4. The Fabulous Counts
- "Dirty Red" (1969)
The Fabulous Counts
came out of Detroit in 1969 and in Jan Jan
made one the most bad ass organ funk LPs these honky ears have ever had the
pleasure of encountering. Mose Davis was the organist but the whole band cook
and swing and groove and get down and do all the things you'd want on covers
and their own compositions. It's a big fat horny sound they create with jazz
licks a plenty. Every track a house party winner.
5. Reverend Charlie
Jackson - "God's Got It" (1970)
Rev. Jackson plugs
his guitar into a small portable amp and lays down an incessant beat for the
congregation. If John Lee Hooker played churches...
6. Fred Wesley &
The JBs - "I'm Paying Taxes, What Am I Buyin'" (1974)
Fred & The JBs
cut Damn Right I Am Somebody during the
same session that produced James Brown's The
Payback album and Mr Brown is never far away, ensuring he gets a cut of
the writing credit no doubt. JB introduces the record by saying "To me,
happiness is Fred Wesley playing his horn". Mr Wesley left Mr Brown's
employment the following year.
7. MFSB -
"Freddie's Dead" (1973)
A clue to Freddie's
death is helpfully provided on the front cover of the Mother Funkin' (cough)

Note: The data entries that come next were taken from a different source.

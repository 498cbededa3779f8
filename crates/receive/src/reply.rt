// Receives a RREP.
ghost use Rattle.std.specs.Prelude.{◌≡◌, ◌≤◌, length};
ghost use Rattle.layout.specs.Row.{max_clock};
ghost use Rattle.element.specs.Layout.{PartOf};
ghost use Rattle.element.specs.declared.Kind.{Kind};
ghost use Rattle.element.specs.Element.{rrep};
ghost use Rattle.element.specs.Entries.{numbered_in};
ghost use Rattle.rules.specs.Decision.{decide};
ghost use Rattle.rules.specs.Exit.{at_exit, lend, least_output};
ghost use Rattle.rules.specs.Receive.{judging};
ghost use Rattle.calls.specs.Answers.{exit_of};
ghost use Rattle.layout.specs.Layout.{Sized};

use crate::{faults, path};
use calls::{Emitted, clocked};
use element::RrepFields;
use layout::row;
use onward::reply;
use refusals::Refusal;
use rules::Arrival;

// Refuses the RREP, or does steps 1 and 2, forwards it and stores the clock.
pub fn receive(
    table: &mut [u8],
    output: &mut [u8],
    a: Arrival,
    f: RrepFields,
    part: &[u8],
) -> Result<Emitted, Refusal>
    requires sized { Sized table.old }
    requires least_output_in_bounds { least_output ≤ length output.old }
    requires clock_le_max_clock { a.clock ≤ max_clock }
    requires part_of { PartOf Kind.Rrep part.now }
    ensures { exit_of result (lend table.new) output.new
        ≡ at_exit (lend table.old) output.old
        (decide (judging (lend table.old) a (rrep f (numbered_in part.now)))) }
{
    path::check_and_learn(table, a, f.path, faults::of_rrep(f))?;
    let head = row::read_head(table);
    let emitted = reply::send_on(output, 0, table, a, f, part);
    clocked::store_head(table, head, head.number, a.clock);
    Ok(emitted)
}
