// Receives a RREQ.
ghost use Rattle.std.specs.Prelude.{false, ◌≡◌, ◌+◌, ◌≤◌, length};
ghost use Rattle.layout.specs.Row.{max_clock};
ghost use Rattle.rules.specs.Learn.{Extends};
ghost use Rattle.octets.specs.LittleEndian.{overwrite};
ghost use Rattle.element.specs.Layout.{PartOf};
ghost use Rattle.element.specs.declared.Kind.{Kind};
ghost use Rattle.element.specs.Element.{rreq};
ghost use Rattle.element.specs.Entries.{targets_in};
ghost use Rattle.rules.specs.Decision.{decide};
ghost use Rattle.rules.specs.Destinations.{all_answered};
ghost use Rattle.rules.specs.Exit.{at_exit, frame_octets, lend, least_output};
ghost use Rattle.rules.specs.Receive.{judging};
ghost use Rattle.calls.specs.Answers.{exit_of};
ghost use Rattle.onward.specs.Sent.{unicast_to_several};
ghost use Rattle.receive.specs.Sent.{frames_after, sent_for, together};
ghost use Rattle.layout.specs.Layout.{Sized};

use crate::{faults, path};
use calls::{Emitted, clocked};
use counters::SequenceNumber;
use destinations::replies;
use destinations::replies::Replied;
use element::RreqFields;
use layout::row;
use onward::request;
use refusals::Refusal;
use rules::Arrival;

// Holds the own number after a RREQ was answered, and what was written.
#[derive(Clone, Copy)]
pub struct Sent {
    pub number: SequenceNumber,
    pub emitted: Emitted,
}

// Adds up the replies, which start at place `at`, and the RREQ that is forwarded after them.
fn in_all(at: usize, replied: Replied, onward: Emitted) -> Sent
    requires frames_bound { replied.frames ≤ 20 }
    requires at_le_place { at ≤ replied.place }
    requires place_bound { replied.place ≤ at + 800 }
    requires frames_bound_2 { onward.frames ≤ 1 }
    requires octets_bound { onward.octets ≤ 254 }
    ensures { result ≡ together at replied onward }
{
    Sent {
        number: replied.number,
        emitted: Emitted {
            frames: replied.frames + onward.frames,
            octets: (replied.place - at) as u32 + onward.octets,
        },
    }
}

// Writes the replies to the destinations, starting at place `at`, and after them the RREQ with the kept destinations.
fn answer(
    output: &mut [u8],
    at: usize,
    table: &[u8],
    a: Arrival,
    f: RreqFields,
    number: SequenceNumber,
    part: &[u8],
) -> Sent
    requires sized { Sized table.now }
    requires at_in_bounds { at + 1054 ≤ length output.old }
    requires part_of { PartOf Kind.Rreq part.now }
    requires part_value { unicast_to_several f.path part.now ≡ false }
    requires extends { Extends a f.path }
    ensures value { result ≡ sent_for table.now a f
        (all_answered table.now a f.path number (targets_in part.now)) }
    ensures output_after { output.new
        ≡ overwrite output.old at
        (frame_octets (frames_after table.now a f
        (all_answered table.now a f.path number (targets_in part.now)))) }
{
    let replied = replies::write_replies(output, at, table, a, f.path, number, part);
    let onward = request::send_on(output, replied.place, table, a, f, part);
    in_all(at, replied, onward)
}

// Refuses the RREQ, or does steps 1 and 2, writes the replies, forwards the RREQ and stores the own number and the clock.
pub fn receive(
    table: &mut [u8],
    output: &mut [u8],
    a: Arrival,
    f: RreqFields,
    part: &[u8],
) -> Result<Emitted, Refusal>
    requires sized { Sized table.old }
    requires least_output_in_bounds { least_output ≤ length output.old }
    requires clock_le_max_clock { a.clock ≤ max_clock }
    requires part_of { PartOf Kind.Rreq part.now }
    ensures { exit_of result (lend table.new) output.new
        ≡ at_exit (lend table.old) output.old
        (decide (judging (lend table.old) a (rreq f (targets_in part.now)))) }
{
    path::check_and_learn(table, a, f.path, faults::of_rreq(f, part))?;
    let head = row::read_head(table);
    let sent = answer(output, 0, table, a, f, head.number, part);
    clocked::store_head(table, head, sent.number, a.clock);
    Ok(sent.emitted)
}
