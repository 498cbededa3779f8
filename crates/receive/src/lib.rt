// Receives an element: checks its refusals in order, and then does what its type asks.
#![tactic(auto)]

mod announcement;
mod error;
mod faults;
mod path;
mod reply;
mod request;

ghost use Rattle.std.specs.Prelude.{◌≡◌, ◌≤◌, length};
ghost use Rattle.layout.specs.Row.{max_clock};
ghost use Rattle.rules.specs.Decision.{decide};
ghost use Rattle.rules.specs.Exit.{at_exit, lend, least_output};
ghost use Rattle.rules.specs.Exits.{receive_exit};
ghost use Rattle.rules.specs.Receive.{arrival_checks, reading_octets};
ghost use Rattle.calls.specs.Answers.{answer_to, exit_of};
ghost use Rattle.layout.specs.Layout.{Sized};

use calls::{Emitted, clocked};
use reading::Fields;
use refusals::Refusal;
use rules::Arrival;

// Checks refusals 1 to 5.
fn check_arrival(table: &[u8], output: &[u8], a: Arrival) -> Result<(), Refusal>
    ensures { result ≡ answer_to (arrival_checks table.now (length output.now) a) }
{
    clocked::check_operands(table, output, a.clock, a.transmitter)?;
    if a.link.0 == 0 {
        return Err(Refusal::NoLink);
    }
    Ok(())
}

// Reads the element and receives it by its type. The caller must check refusals 1 to 5 first. What they find stands in three
// clauses here and in each function below. No struct has them. The table and the output are lent for writing. An arrival with a
// checked clock, as a struct, would be taken apart in each of these functions, because what they call takes an Arrival.
fn receive_element(
    table: &mut [u8],
    output: &mut [u8],
    a: Arrival,
    element: &[u8],
) -> Result<Emitted, Refusal>
    requires sized { Sized table.old }
    requires least_output_in_bounds { least_output ≤ length output.old }
    requires clock_le_max_clock { a.clock ≤ max_clock }
    ensures { exit_of result (lend table.new) output.new
        ≡ at_exit (lend table.old) output.old
        (decide (reading_octets (lend table.old) a element.now)) }
{
    let fields = reading::read(element)?;
    match fields {
        Fields::Announcement(p) => announcement::receive(table, output, a, p),
        Fields::Request(f) => request::receive(table, output, a, f, reading::list_part(element)),
        Fields::Reply(f) => reply::receive(table, output, a, f, reading::list_part(element)),
        Fields::Error(f) => error::receive(table, output, a, f, reading::list_part(element)),
    }
}

pub fn receive(
    table: &mut [u8],
    output: &mut [u8],
    a: Arrival,
    element: &[u8],
) -> Result<Emitted, Refusal>
    ensures { exit_of result (lend table.new) output.new
        ≡ receive_exit (lend table.old) output.old a element.now }
{
    check_arrival(table, output, a)?;
    receive_element(table, output, a, element)
}
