// Receives a RERR.
ghost use Rattle.std.specs.Prelude.{◌≡◌, ◌≤◌, length, Ok};
ghost use Rattle.element.specs.Element.{rerr};
ghost use Rattle.element.specs.Entries.{lost_in};
ghost use Rattle.element.specs.Layout.{PartOf};
ghost use Rattle.element.specs.declared.Kind.{Kind};
ghost use Rattle.rules.specs.Decision.{decide};
ghost use Rattle.rules.specs.Exit.{at_exit, lend, least_output};
ghost use Rattle.rules.specs.Receive.{judging, received};
ghost use Rattle.calls.specs.Answers.{answer_to, exit_of};
ghost use Rattle.receive.specs.Checks.{error_state_checks};
ghost use Rattle.layout.specs.Layout.{Sized};

use calls::{Emitted, clocked};
use element::list::ListKind;
use element::{RerrFields, list};
use layout::row;
use matches::{matching, report, rows};
use refusals::Refusal;
use rules::Arrival;

// Checks the state: refusals 21 to 23 and 26.
fn check_state(table: &[u8], a: Arrival, part: &[u8]) -> Result<(), Refusal>
    requires { Sized table.now }
    ensures { result ≡ answer_to (error_state_checks table.now a part.now) }
{
    clocked::check_state(table, a.clock, a.transmitter)?;
    if matching::matches_nothing(table, a, part) {
        return Err(Refusal::NoMatch);
    }
    Ok(())
}

// Checks the destinations, refusals 9 and 10, and then the state. This function does not read the fields f, but its contract
// names the whole element.
fn check(table: &[u8], a: Arrival, f: RerrFields, part: &[u8]) -> Result<(), Refusal>
    requires { Sized table.now }
    ensures { result ≡ answer_to (judging (lend table.now) a (rerr f (lost_in part.now))).checks }
{
    if list::has_forbidden(part, ListKind::LostDestinations) {
        return Err(Refusal::BadAddress);
    }
    if list::has_duplicate(part, ListKind::LostDestinations) {
        return Err(Refusal::BadList);
    }
    check_state(table, a, part)
}

// Sends one RERR with the matches, invalidates the rows of the matches and stores the clock.
fn take(
    table: &mut [u8],
    output: &mut [u8],
    a: Arrival,
    f: RerrFields,
    part: &[u8],
) -> Result<Emitted, Refusal>
    requires sized { Sized table.old }
    requires least_output_in_bounds { least_output ≤ length output.old }
    requires part_of { PartOf Kind.Rerr part.now }
    ensures { exit_of result (lend table.new) output.new
        ≡ at_exit (lend table.old) output.old
        (Ok (received (lend table.old) a (rerr f (lost_in part.now)))) }
{
    let head = row::read_head(table);
    let octets = report::write_error(output, 0, table, a, f, part);
    rows::lose_matches(table, a, part);
    clocked::store_head(table, head, head.number, a.clock);
    Ok(Emitted::one_frame(octets))
}

pub fn receive(
    table: &mut [u8],
    output: &mut [u8],
    a: Arrival,
    f: RerrFields,
    part: &[u8],
) -> Result<Emitted, Refusal>
    requires sized { Sized table.old }
    requires least_output_in_bounds { least_output ≤ length output.old }
    requires part_of { PartOf Kind.Rerr part.now }
    ensures { exit_of result (lend table.new) output.new
        ≡ at_exit (lend table.old) output.old
        (decide (judging (lend table.old) a (rerr f (lost_in part.now)))) }
{
    check(table, a, f, part)?;
    take(table, output, a, f, part)
}
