// Receives a RANN.
ghost use Rattle.std.specs.Prelude.{◌≡◌, ◌≤◌, length};
ghost use Rattle.layout.specs.Row.{max_clock};
ghost use Rattle.element.specs.Element.{rann};
ghost use Rattle.rules.specs.Decision.{decide};
ghost use Rattle.rules.specs.Exit.{at_exit, lend, least_output};
ghost use Rattle.rules.specs.Receive.{judging};
ghost use Rattle.calls.specs.Answers.{exit_of};
ghost use Rattle.layout.specs.Layout.{Sized};

use crate::{faults, path};
use calls::{Emitted, clocked};
use element::PathInfo;
use layout::row;
use onward::announcement;
use refusals::Refusal;
use rules::Arrival;

// Refuses the RANN, or does steps 1 and 2, forwards it and stores the clock.
pub fn receive(
    table: &mut [u8],
    output: &mut [u8],
    a: Arrival,
    p: PathInfo,
) -> Result<Emitted, Refusal>
    requires sized { Sized table.old }
    requires least_output_in_bounds { least_output ≤ length output.old }
    requires clock_le_max_clock { a.clock ≤ max_clock }
    ensures { exit_of result (lend table.new) output.new
        ≡ at_exit (lend table.old) output.old (decide (judging (lend table.old) a (rann p))) }
{
    path::check_and_learn(table, a, p, faults::of_rann(p))?;
    let head = row::read_head(table);
    let emitted = announcement::send_on(output, 0, a, p);
    clocked::store_head(table, head, head.number, a.clock);
    Ok(emitted)
}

Sons of Bitches debut album: a gigantic syringe laying in an open coffin in a
graveyard surrounded by red poppies. Subtle. Fantastic symphonic version of Curtis's classic.
8. Squire -
"You're The One" (1983)
Out of the bands
spawned by the '79 Mod Revival, Squire were more 60s orientated than the
majority. By 1983 and their swansong album Get Smart they had 60's pop nuggets down to a
fine art (so much so that for years I thought their "Jesamine" was a cover). Difficult to select a highlight from the LP but "You're The One" meshes
The Who's "So Sad About Us" to touches of the Byrds, the Beatles and
the Hollies. That'll do.
9. Superfood -
"Superfood" (2014)
We've now reached
such a distance from baggy and Britpop that bands now include members who
weren't even born when Blur stumbled around on Top
of The Pops with a chicken's head on a stick. Superfood's Don't Say That is an album that falls between
the two periods and unashamedly pilfers from both and even throws in an echo of "Sympathy For The Devil" for good measure. I'm all in favour. Tonight I'm gonna party like it's 1991.
10. Peter Doherty -
"Flags of the Old Regime" (2015)
Wasn't Pete supposed
to die ten years ago? He's still here but death still stalks our troubled
troubadour. When I read this was a tribute to Amy Winehouse I had visions of
Pete mumbling along to the Daptone horns, but no, this is a sensitive, moving
and even graceful piece of work. Getting new stuff of out him is a bit like getting blood out of one of his collapsed veins but it's usually worth the wait.